- Opening Delimiter -
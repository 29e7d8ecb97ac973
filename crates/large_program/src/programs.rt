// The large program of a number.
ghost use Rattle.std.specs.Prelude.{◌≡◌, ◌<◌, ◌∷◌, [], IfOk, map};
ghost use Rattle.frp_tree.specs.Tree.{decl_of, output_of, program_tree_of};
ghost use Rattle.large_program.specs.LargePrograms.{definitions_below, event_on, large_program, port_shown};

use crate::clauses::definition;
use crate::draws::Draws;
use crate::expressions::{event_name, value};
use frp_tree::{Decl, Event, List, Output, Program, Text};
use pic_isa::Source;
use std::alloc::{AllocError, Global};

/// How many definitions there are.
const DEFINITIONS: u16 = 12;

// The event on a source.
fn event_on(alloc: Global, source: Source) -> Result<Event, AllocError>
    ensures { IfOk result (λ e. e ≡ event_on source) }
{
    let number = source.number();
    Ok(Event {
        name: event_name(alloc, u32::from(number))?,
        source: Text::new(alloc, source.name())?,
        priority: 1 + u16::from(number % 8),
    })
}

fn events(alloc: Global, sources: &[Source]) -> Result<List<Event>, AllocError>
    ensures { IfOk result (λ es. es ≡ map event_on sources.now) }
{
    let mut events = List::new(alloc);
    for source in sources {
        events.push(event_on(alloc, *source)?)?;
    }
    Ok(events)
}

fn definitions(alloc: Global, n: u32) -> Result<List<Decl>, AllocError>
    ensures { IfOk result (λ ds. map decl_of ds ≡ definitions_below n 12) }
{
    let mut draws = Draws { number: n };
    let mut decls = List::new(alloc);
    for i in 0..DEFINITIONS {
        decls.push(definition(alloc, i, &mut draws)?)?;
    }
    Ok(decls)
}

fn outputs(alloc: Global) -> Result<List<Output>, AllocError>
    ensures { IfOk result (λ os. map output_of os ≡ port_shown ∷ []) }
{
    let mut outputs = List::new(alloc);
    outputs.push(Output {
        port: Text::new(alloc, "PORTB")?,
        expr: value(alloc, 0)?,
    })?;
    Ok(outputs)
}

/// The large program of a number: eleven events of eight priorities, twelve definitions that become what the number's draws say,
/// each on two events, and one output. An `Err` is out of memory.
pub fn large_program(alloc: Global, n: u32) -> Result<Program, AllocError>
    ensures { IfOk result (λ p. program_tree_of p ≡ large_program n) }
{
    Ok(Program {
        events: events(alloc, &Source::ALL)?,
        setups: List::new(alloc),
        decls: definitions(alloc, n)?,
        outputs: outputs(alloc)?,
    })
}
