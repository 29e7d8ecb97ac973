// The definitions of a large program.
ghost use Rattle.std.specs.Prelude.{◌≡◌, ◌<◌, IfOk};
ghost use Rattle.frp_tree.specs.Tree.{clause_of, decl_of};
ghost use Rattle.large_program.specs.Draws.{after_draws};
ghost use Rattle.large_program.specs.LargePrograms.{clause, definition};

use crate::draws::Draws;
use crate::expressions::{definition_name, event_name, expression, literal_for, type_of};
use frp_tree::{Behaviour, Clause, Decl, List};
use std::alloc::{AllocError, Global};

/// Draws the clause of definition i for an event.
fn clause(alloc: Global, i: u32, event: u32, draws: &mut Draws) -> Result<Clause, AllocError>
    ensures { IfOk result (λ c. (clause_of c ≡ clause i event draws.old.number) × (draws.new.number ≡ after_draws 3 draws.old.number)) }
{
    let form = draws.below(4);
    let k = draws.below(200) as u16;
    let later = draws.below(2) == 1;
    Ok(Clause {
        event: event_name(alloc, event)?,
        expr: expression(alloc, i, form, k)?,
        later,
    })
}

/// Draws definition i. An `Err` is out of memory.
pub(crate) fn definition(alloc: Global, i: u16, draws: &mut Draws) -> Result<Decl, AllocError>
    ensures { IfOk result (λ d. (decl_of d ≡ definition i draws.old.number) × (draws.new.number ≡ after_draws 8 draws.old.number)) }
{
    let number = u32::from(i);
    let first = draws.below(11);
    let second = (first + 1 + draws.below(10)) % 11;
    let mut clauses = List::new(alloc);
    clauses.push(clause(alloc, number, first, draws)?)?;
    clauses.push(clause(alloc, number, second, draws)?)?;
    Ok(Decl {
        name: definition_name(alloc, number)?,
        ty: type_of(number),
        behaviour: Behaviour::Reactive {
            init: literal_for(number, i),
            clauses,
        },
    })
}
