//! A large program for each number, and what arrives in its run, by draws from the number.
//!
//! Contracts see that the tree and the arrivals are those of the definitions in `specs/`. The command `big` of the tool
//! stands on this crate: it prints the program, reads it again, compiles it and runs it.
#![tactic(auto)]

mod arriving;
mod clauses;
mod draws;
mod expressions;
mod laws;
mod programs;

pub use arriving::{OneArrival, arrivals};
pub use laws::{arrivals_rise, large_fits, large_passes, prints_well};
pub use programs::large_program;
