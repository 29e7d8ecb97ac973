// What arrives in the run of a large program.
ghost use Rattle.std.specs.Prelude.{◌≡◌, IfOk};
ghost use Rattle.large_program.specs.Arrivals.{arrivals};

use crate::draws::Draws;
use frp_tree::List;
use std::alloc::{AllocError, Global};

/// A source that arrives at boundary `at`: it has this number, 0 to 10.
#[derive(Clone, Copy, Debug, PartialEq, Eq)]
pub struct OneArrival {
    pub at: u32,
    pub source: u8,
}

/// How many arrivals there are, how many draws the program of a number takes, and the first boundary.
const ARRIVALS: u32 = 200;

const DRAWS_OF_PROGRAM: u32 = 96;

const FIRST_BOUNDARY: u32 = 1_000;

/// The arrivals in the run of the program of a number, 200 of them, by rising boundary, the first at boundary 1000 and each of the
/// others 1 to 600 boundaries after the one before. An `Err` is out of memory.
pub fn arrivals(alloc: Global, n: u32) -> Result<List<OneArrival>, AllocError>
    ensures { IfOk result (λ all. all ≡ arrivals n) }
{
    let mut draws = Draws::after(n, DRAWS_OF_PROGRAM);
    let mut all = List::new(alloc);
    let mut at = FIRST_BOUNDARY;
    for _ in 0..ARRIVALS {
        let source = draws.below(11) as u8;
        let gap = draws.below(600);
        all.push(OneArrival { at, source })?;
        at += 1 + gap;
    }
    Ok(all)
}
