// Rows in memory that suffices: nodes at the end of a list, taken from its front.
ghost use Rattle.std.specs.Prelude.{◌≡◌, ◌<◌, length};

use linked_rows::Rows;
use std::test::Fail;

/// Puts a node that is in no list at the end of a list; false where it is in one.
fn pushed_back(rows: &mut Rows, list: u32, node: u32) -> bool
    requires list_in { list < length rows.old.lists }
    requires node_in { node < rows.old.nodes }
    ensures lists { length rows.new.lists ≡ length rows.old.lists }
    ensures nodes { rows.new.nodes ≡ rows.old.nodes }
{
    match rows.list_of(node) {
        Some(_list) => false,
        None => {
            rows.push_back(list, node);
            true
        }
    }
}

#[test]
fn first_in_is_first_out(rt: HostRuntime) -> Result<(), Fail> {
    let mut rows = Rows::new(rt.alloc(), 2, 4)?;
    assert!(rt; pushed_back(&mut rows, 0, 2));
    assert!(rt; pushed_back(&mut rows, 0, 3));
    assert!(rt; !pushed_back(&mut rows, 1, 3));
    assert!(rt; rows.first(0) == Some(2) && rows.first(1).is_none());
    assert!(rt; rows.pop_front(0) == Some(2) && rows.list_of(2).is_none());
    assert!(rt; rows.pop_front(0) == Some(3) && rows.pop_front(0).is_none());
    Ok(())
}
- Closing Delimiter -
Go through the listing and transcribe all of it exactly.

# [EXERCISE RESPONSE]
repository 29e7d8ecb97ac973
filename crates/large_program/src/programs.rt
// The large program of a number.
ghost use Rattle.std.specs.Prelude.{◌≡◌, ◌<◌, ◌∷◌, [], IfOk, map};
ghost use Rattle.frp_tree.specs.Tree.{decl_of, output_of, program_tree_of};
ghost use Rattle.large_program.specs.LargePrograms.{definitions_below, event_on, large_program, port_shown};

use crate::clauses::definition;
use crate::draws::Draws;
use crate::expressions::{event_name, value};
use frp_tree::{Decl, Event, List, Output, Program, Text};
use pic_isa::Source;
use std::alloc::{AllocError, Global};

/// How many definitions there are.
const DEFINITIONS: u16 = 12;

// The event on a source.
fn event_on(alloc: Global, source: Source) -> Result<Event, AllocError>
    ensures { IfOk result (λ e. e ≡ event_on source) }
{
    let number = source.number();
    Ok(Event {
        name: event_name(alloc, u32::from(number))?,
        source: Text::new(alloc, source.name())?,
        priority: 1 + u16::from(number % 8),
    })
}

fn events(alloc: Global, sources: &[Source]) -> Result<List<Event>, AllocError>
    ensures { IfOk result (λ es. es ≡ map event_on sources.now) }
{
    let mut events = List::new(alloc);
    for source in sources {
        events.push(event_on(alloc, *source)?)?;
    }
    Ok(events)
}

fn definitions(alloc: Global, n: u32) -> Result<List<Decl>, AllocError>
    ensures { IfOk result (λ ds. map decl_of ds ≡ definitions_below n 12) }
{
    let mut draws = Draws { number: n };
    let mut decls = List::new(alloc);
    for i in 0..DEFINITIONS {
        decls.push(definition(alloc, i, &mut draws)?)?;
    }
    Ok(decls)
}

fn outputs(alloc: Global) -> Result<List<Output>, AllocError>
    ensures { IfOk result (λ os. map output_of os ≡ port_shown ∷ []) }
{
    let mut outputs = List::new(alloc);
    outputs.push(Output {
        port: Text::new(alloc, "PORTB")?,
        expr: value(alloc, 0)?,
    })?;
    Ok(outputs)
}

/// The large program of a number: eleven events of eight priorities, twelve definitions that become what the number's draws say,
/// each on two events, and one output. An `Err` is out of memory.
pub fn large_program(alloc: Global, n: u32) -> Result<Program, AllocError>
    ensures { IfOk result (λ p. program_tree_of p ≡ large_program n) }
{
    Ok(Program {
        events: events(alloc, &Source::ALL)?,
        setups: List::new(alloc),
        decls: definitions(alloc, n)?,
        outputs: outputs(alloc)?,
    })
}
repository 29e7d8ecb97ac973
// The definitions of a large program.
ghost use Rattle.std.specs.Prelude.{◌≡◌, ◌<◌, IfOk};
ghost use Rattle.frp_tree.specs.Tree.{clause_of, decl_of};
ghost use Rattle.large_program.specs.Draws.{after_draws};
ghost use Rattle.large_program.specs.LargePrograms.{clause, definition};

use crate::draws::Draws;
use crate::expressions::{definition_name, event_name, expression, literal_for, type_of};
use frp_tree::{Behaviour, Clause, Decl, List};
use std::alloc::{AllocError, Global};

/// Draws the clause of definition i for an event.
fn clause(alloc: Global, i: u32, event: u32, draws: &mut Draws) -> Result<Clause, AllocError>
    ensures { IfOk result (λ c. (clause_of c ≡ clause i event draws.old.number) × (draws.new.number ≡ after_draws 3 draws.old.number)) }
{
    let form = draws.below(4);
    let k = draws.below(200) as u16;
    let later = draws.below(2) == 1;
    Ok(Clause {
        event: event_name(alloc, event)?,
        expr: expression(alloc, i, form, k)?,
        later,
    })
}

/// Draws definition i. An `Err` is out of memory.
pub(crate) fn definition(alloc: Global, i: u16, draws: &mut Draws) -> Result<Decl, AllocError>
    ensures { IfOk result (λ d. (decl_of d ≡ definition i draws.old.number) × (draws.new.number ≡ after_draws 8 draws.old.number)) }
{
    let number = u32::from(i);
    let first = draws.below(11);
    let second = (first + 1 + draws.below(10)) % 11;
    let mut clauses = List::new(alloc);
    clauses.push(clause(alloc, number, first, draws)?)?;
    clauses.push(clause(alloc, number, second, draws)?)?;
    Ok(Decl {
        name: definition_name(alloc, number)?,
        ty: type_of(number),
        behaviour: Behaviour::Reactive {
            init: literal_for(number, i),
            clauses,
        },
    })
}
//! A large program for each number, and what arrives in its run, by draws from the number.
//!
//! Contracts see that the tree and the arrivals are those of the definitions in `specs/`. The command `big` of the tool
//! stands on this crate: it prints the program, reads it again, compiles it and runs it.
#![tactic(auto)]

mod arriving;
mod clauses;
mod draws;
mod expressions;
mod laws;
mod programs;

pub use arriving::{OneArrival, arrivals};
pub use laws::{arrivals_rise, large_fits, large_passes, prints_well};
pub use programs::large_program;
repository 29e7d8ecb97ac973
// What arrives in the run of a large program.
ghost use Rattle.std.specs.Prelude.{◌≡◌, IfOk};
ghost use Rattle.large_program.specs.Arrivals.{arrivals};

use crate::draws::Draws;
use frp_tree::List;
use std::alloc::{AllocError, Global};

/// A source that arrives at boundary `at`: it has this number, 0 to 10.
#[derive(Clone, Copy, Debug, PartialEq, Eq)]
pub struct OneArrival {
    pub at: u32,
    pub source: u8,
}

/// How many arrivals there are, how many draws the program of a number takes, and the first boundary.
const ARRIVALS: u32 = 200;

const DRAWS_OF_PROGRAM: u32 = 96;

const FIRST_BOUNDARY: u32 = 1_000;

/// The arrivals in the run of the program of a number, 200 of them, by rising boundary, the first at boundary 1000 and each of the
/// others 1 to 600 boundaries after the one before. An `Err` is out of memory.
pub fn arrivals(alloc: Global, n: u32) -> Result<List<OneArrival>, AllocError>
    ensures { IfOk result (λ all. all ≡ arrivals n) }
{
    let mut draws = Draws::after(n, DRAWS_OF_PROGRAM);
    let mut all = List::new(alloc);
    let mut at = FIRST_BOUNDARY;
    for _ in 0..ARRIVALS {
        let source = draws.below(11) as u8;
        let gap = draws.below(600);
        all.push(OneArrival { at, source })?;
        at += 1 + gap;
    }
    Ok(all)
}
// Rows in memory that suffices: nodes at the end of a list, taken from its front.
ghost use Rattle.std.specs.Prelude.{◌≡◌, ◌<◌, length};

use linked_rows::Rows;
use std::test::Fail;

/// Puts a node that is in no list at the end of a list; false where it is in one.
fn pushed_back(rows: &mut Rows, list: u32, node: u32) -> bool
    requires list_in { list < length rows.old.lists }
    requires node_in { node < rows.old.nodes }
    ensures lists { length rows.new.lists ≡ length rows.old.lists }
    ensures nodes { rows.new.nodes ≡ rows.old.nodes }
{
    match rows.list_of(node) {
        Some(_list) => false,
        None => {
            rows.push_back(list, node);
            true
        }
    }
}

#[test]
fn first_in_is_first_out(rt: HostRuntime) -> Result<(), Fail> {
    let mut rows = Rows::new(rt.alloc(), 2, 4)?;
    assert!(rt; pushed_back(&mut rows, 0, 2));
    assert!(rt; pushed_back(&mut rows, 0, 3));
    assert!(rt; !pushed_back(&mut rows, 1, 3));
    assert!(rt; rows.first(0) == Some(2) && rows.first(1).is_none());
    assert!(rt; rows.pop_front(0) == Some(2) && rows.list_of(2).is_none());
    assert!(rt; rows.pop_front(0) == Some(3) && rows.pop_front(0).is_none());
    Ok(())
}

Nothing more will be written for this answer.